/// What a run holds: open frames with their buffers, the output, the first miss, and whether the output
/// passed its limit.
#[derive(Drop)]
pub struct Store {
    pub(crate) top: Frame,
    pub(crate) below: Vec<Frame>,
    pub(crate) buffers: Buffers,
    /// How many bytes of the arena no buffer holds any more.
    lost: usize,
    units: u32,
    mark: Option<u32>,
    over: bool,
}

impl Model for Store {
    ghost use Rattle.std.specs.Prelude.{◌∷◌, reverse};
    ghost use Rattle.machine_store.specs.Store.{Held, IsKept, held_of};

    ghost Value = { Held };

    ghost view = { λ s. held_of (s.top ∷ reverse s.below.items) s.buffers s.units s.mark s.over };

    ghost invariant = { λ s. IsKept (s.top ∷ reverse s.below.items) s.buffers s.lost s.units s.mark s.over };
}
==========
WHAT YOU ARE ASKED TO DO => What is wanted is an exact copy of the data.

ANSWER BOX =>
/// What a run holds: open frames with their buffers, the output, the first miss, and whether the output
/// passed its limit.
#[derive(Drop)]
pub struct Store {
    pub(crate) top: Frame,
    pub(crate) below: Vec<Frame>,
    pub(crate) buffers: Buffers,
    /// How many bytes of the arena no buffer holds any more.
    lost: usize,
    units: u32,
    mark: Option<u32>,
    over: bool,
}

impl Model for Store {
    ghost use Rattle.std.specs.Prelude.{◌∷◌, reverse};
    ghost use Rattle.machine_store.specs.Store.{Held, IsKept, held_of};

    ghost Value = { Held };

    ghost view = { λ s. held_of (s.top ∷ reverse s.below.items) s.buffers s.units s.mark s.over };

    ghost invariant = { λ s. IsKept (s.top ∷ reverse s.below.items) s.buffers s.lost s.units s.mark s.over };
}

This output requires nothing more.